I have a baby gate and started using it to close my living room. But even in the living room, she’s a handful, she squeezes behind the sofas, tries to eat electric cords and so forth.

I have a big wire crate, big enough for a german shepard. Would it be okay if I put it in my living room you think ?


----------



## twyla (Apr 28, 2010)

that would probably work


----------



## lily cd re (Jul 23, 2012)

That should be fine as a short term confinement for a little mischief maker, no need to buy something if you already have a tool that will work.


----------



## Verve (Oct 31, 2016)

Dechi said:


> I have a baby gate and started using it to close my living room. But even in the living room, she’s a handful, she squeezes behind the sofas, tries to eat electric cords and so forth.
> 
> I have a big wire crate, big enough for a german shepard. Would it be okay if I put it in my living room you think ?


That would definitely work!


----------



## glorybeecosta (Nov 11, 2014)

I pin mine in the kitchen with a gat about 1.5 ft. tall and there are 2 entrances from my kitchen so they run from on to the other to watch me. If I am really busy or running late I will still put them there today. When I am not home they are there as well


----------



## zooeysmom (Jan 3, 2014)

I had to crate Maizie for periods in the day in our family room. She was like Beckie, into everything, so I couldn't so much as shower without her being crated or babysat by a family member.


----------



## Countryboy (May 16, 2011)

Puppies?!!! Aaaaack! 

Leave them where they are 'til they're two years old at least.


----------



## Dechi (Aug 22, 2015)

We brought the big crate upstairs in the living room. I was able to rest this afternoon (I have a chronic health condition so need to sleep during the day).


----------



## lily cd re (Jul 23, 2012)

That looks just fine! I hope you had a good sleep.


----------



## galofpink (Mar 14, 2017)

We had a crate in the bedroom for night time and then another one in the living room for when I "really needed to get something done" for about the first month (think: 15-30 min "time outs"). 

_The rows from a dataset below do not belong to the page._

//! The commands of a script, one after another.
ghost use Rattle.std.specs.Prelude.{◌≡◌, ◌≢◌, ◌+◌, ◌≤◌, IfOk, IfErr, OnOk, MatchResult, Ok, Err, length, vec_len};
ghost use Rattle.rf_script_parts.specs.Value.{IsFault};
ghost use Rattle.rf_script_reader.specs.Commands.{allowed, verb, unnamed, command_of, more, told, commands, command_items, version_of, script_of};
ghost use Rattle.serde_json.specs.View.{view, items_view};

use crate::block::block;
use crate::connect::{commit, connect, set};
use crate::control::{control, discover, route, unload};
use crate::run::{duplex, run, twin};
use rf_base::{Bytes, Items};
use rf_script_parts::net::net;
use rf_script_parts::others::only;
use rf_script_parts::scope::{ReadCommand, Scope};
use rf_script_parts::value::{bad, listed, number, required};
use rf_script_parts::wrong::Wrong;
use rf_script_types::{
    Field, RFNOC, Script, ScriptCommand, ScriptCommands, ScriptFault, Verb, Why, command_limit,
};
use serde_json::Value;
use std::alloc::Global;

/// The verb, if the version has it.
fn allowed(version: u8, verb: Option<Verb>) -> Option<Verb>
    ensures { result ≡ allowed version verb }
{
    match verb? {
        Verb::Twin => if version == 2 { Some(Verb::Twin) } else { None },
        Verb::Duplex => if version == 2 {
            Some(Verb::Duplex)
        } else {
            None
        },
        Verb::Net => Some(Verb::Net),
        Verb::Discover => Some(Verb::Discover),
        Verb::Route => Some(Verb::Route),
        Verb::Control => Some(Verb::Control),
        Verb::Unload => Some(Verb::Unload),
        Verb::Block => Some(Verb::Block),
        Verb::Connect => Some(Verb::Connect),
        Verb::Set => Some(Verb::Set),
        Verb::Commit => Some(Verb::Commit),
        Verb::Run => Some(Verb::Run),
    }
}

/// The verb of a command, which is the word of its field `do`.
#[tactic(auto, unfolding(crate::specs::Commands::verb))]
fn verb(version: u8, command: &Value) -> Result<Verb, Wrong>
    ensures { result ≡ verb version (view command.now) }
{
    if !command.is_object() {
        return Err(bad(Field::Whole, Why::WrongType));
    }
    match required(Field::Do, Field::Do, command) {
        Ok(value) => match value.as_str() {
            Some(text) => listed(Field::Do, allowed(version, Verb::of_name(text))),
            None => Err(bad(Field::Do, Why::WrongType)),
        },
        Err(wrong) => Err(wrong),
    }
}

/// What was read of a script so far: the commands, and the names that the next one may use.
#[derive(Debug, Drop)]
pub struct SoFar {
    pub scope: Scope,
    pub list: ScriptCommands,
}

fn unnamed(command: ScriptCommand) -> ReadCommand
    ensures { result ≡ unnamed command }
{
    ReadCommand {
        command,
        names: None,
    }
}

fn command_of(
    alloc: Global,
    scope: &Scope,
    verb: Verb,
    command: &Value,
) -> Result<ReadCommand, Wrong>
    ensures ok { IfOk result (λ made. command_of scope.now (view command.now) verb ≡ Ok made) }
    ensures err { IfErr result
        (λ e. IsFault e → command_of scope.now (view command.now) verb ≡ Err e) }
{
    match verb {
        Verb::Net => net(alloc, scope.version, command),
        Verb::Discover => Ok(unnamed(discover(alloc, scope, command)?)),
        Verb::Route => Ok(unnamed(route(alloc, scope, command)?)),
        Verb::Control => Ok(unnamed(control(alloc, scope, command)?)),
        Verb::Unload => Ok(unnamed(unload(alloc, command)?)),
        Verb::Block => Ok(unnamed(block(alloc, scope, command)?)),
        Verb::Connect => Ok(unnamed(connect(alloc, command)?)),
        Verb::Set => Ok(unnamed(set(alloc, command)?)),
        Verb::Commit => Ok(unnamed(commit(alloc, command)?)),
        Verb::Run => Ok(unnamed(run(alloc, scope.version, command)?)),
        Verb::Twin => Ok(unnamed(twin(alloc, scope.version, command)?)),
        Verb::Duplex => Ok(unnamed(duplex(alloc, scope.version, command)?)),
    }
}

impl SoFar {
    /// Reads one more command.
    #[tactic(auto, unfolding(crate::specs::Commands::more))]
    fn add(&mut self, alloc: Global, command: &Value) -> Result<(), Wrong>
        ensures ok { OnOk result (more self.old (view command.now) ≡ Ok self.new) }
        ensures err { IfErr result (λ e. IsFault e → more self.old (view command.now) ≡ Err e) }
        ensures longer { OnOk result (length self.new.list ≡ length self.old.list + 1) }
    {
        let verb = verb(self.scope.version, command)?;
        let read = command_of(alloc, &self.scope, verb, command)?;
        let ReadCommand { command, names } = read;
        if self.list.push(command).is_err() {
            return Err(Wrong::Memory);
        }
        match names {
            Some(names) => self.scope.names = names,
            None => {}
        }
        Ok(())
    }
}

/// The fault of a script that a command has, or the script itself.
fn told(alloc: Global, command: Option<u32>, wrong: Wrong) -> ScriptFault
    ensures { result ≢ ScriptFault.Memory → result ≡ told command wrong }
{
    match wrong {
        Wrong::At { field, why } => match Vec::from_slice(alloc, field.name().as_bytes()) {
            Ok(field) => ScriptFault::Form {
                command,
                field: Bytes::from_vec(field),
                why,
            },
            Err(_) => ScriptFault::Memory,
        },
        Wrong::Unknown { key } => ScriptFault::Form {
            command,
            field: key,
            why: Why::Unknown,
        },
        Wrong::Memory => ScriptFault::Memory,
    }
}

/// The commands of a list, or the first fault.
#[tactic(auto, unfolding(crate::specs::Commands::commands))]
pub(crate) fn commands(
    alloc: Global,
    version: u8,
    values: &Vec<Value>,
) -> Result<ScriptCommands, ScriptFault>
    requires { vec_len values.now ≤ 1024 }
    ensures ok { IfOk result (λ list. commands version (items_view values.now.items) ≡ Ok list) }
    ensures err { IfErr result
        (λ e. e ≢ ScriptFault.Memory → commands version (items_view values.now.items) ≡ Err e) }
{
    let mut read = SoFar {
        scope: Scope {
            version,
            names: Items::new(alloc),
        },
        list: Items::new(alloc),
    };
    for value in values {
        let number = read.list.len() as u32;
        match read.add(alloc, value) {
            Ok(()) => {}
            Err(wrong) => return Err(told(alloc, Some(number), wrong)),
        }
    }
    Ok(read.list)
}

/// The field `commands`.
#[tactic(auto, using(crate::proofs::Lengths::lengths), unfolding(crate::specs::Commands::command_items))]
fn command_items(version: u8, script: &Value) -> Result<&Vec<Value>, Wrong>
    ensures reads { MatchResult result
        (λ v. command_items version (view script.now) ≡ Ok (items_view v.now.items))
        (λ e. command_items version (view script.now) ≡ Err e) }
    ensures few { IfOk result (λ v. vec_len v.now ≤ 1024) }
{
    match required(Field::Commands, Field::Commands, script) {
        Ok(value) => match value.as_array() {
            Some(values) => if values.len() <= command_limit(version) {
                Ok(values)
            } else {
                Err(bad(Field::Commands, Why::Range))
            },
            None => Err(bad(Field::Commands, Why::WrongType)),
        },
        Err(wrong) => Err(wrong),
    }
}

#[tactic(auto, unfolding(crate::specs::Commands::version_of))]
fn version_of(script: &Value) -> Result<u8, Wrong>
    ensures { result ≡ version_of (view script.now) }
{
    if !script.is_object() {
        return Err(bad(Field::Whole, Why::WrongType));
    }
    let version = number(RFNOC, script)?;
    Ok(version as u8)
}

/// The script that a value stands for, or its first fault.
#[tactic(auto, unfolding(crate::specs::Commands::script_of))]
pub(crate) fn script_of(alloc: Global, script: &Value) -> Result<Script, ScriptFault>
    ensures ok { IfOk result (λ made. script_of (view script.now) ≡ Ok made) }
    ensures err { IfErr result
        (λ e. e ≢ ScriptFault.Memory → script_of (view script.now) ≡ Err e) }
{
    let version = match version_of(script) {
        Ok(version) => version,
        Err(wrong) => return Err(told(alloc, None, wrong)),
    };
    let values = match command_items(version, script) {
        Ok(values) => values,
        Err(wrong) => return Err(told(alloc, None, wrong)),
    };
    match only(alloc, &[Field::Rfnoc, Field::Commands], script) {
        Ok(()) => {
            let commands = commands(alloc, version, values)?;
            Ok(Script { version, commands })
        }
        Err(wrong) => Err(told(alloc, None, wrong)),
    }
}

I also used a waist leash with Shae a lot and used it to tie her to furniture when I had stuff to do and couldn't hawk-eye watch her. She never complained, just wanted to be close to me, so was happy to be tethered to me, the stove, kitchen table or couch, depending on where I was. 

We had a baby gate at the basement stairs and then another babygate and blocker (sturdy bottom of a freezer box) at the two door frames for the living room. Shae was (still is, but less so) into everything, so she was only given free reign of a room when we were watching her like a hawk.


----------



## Johanna (Jun 21, 2017)

Zoe lived in an exercise pen in the den until she was about 5 months old. 

I put down a couple of layers of plastic and covered them with a exercise pen mat. I had a top on the pen to 1) prevent climbing out and 2) prevent my reaching over the top to pick her up - since that encourages climbing out.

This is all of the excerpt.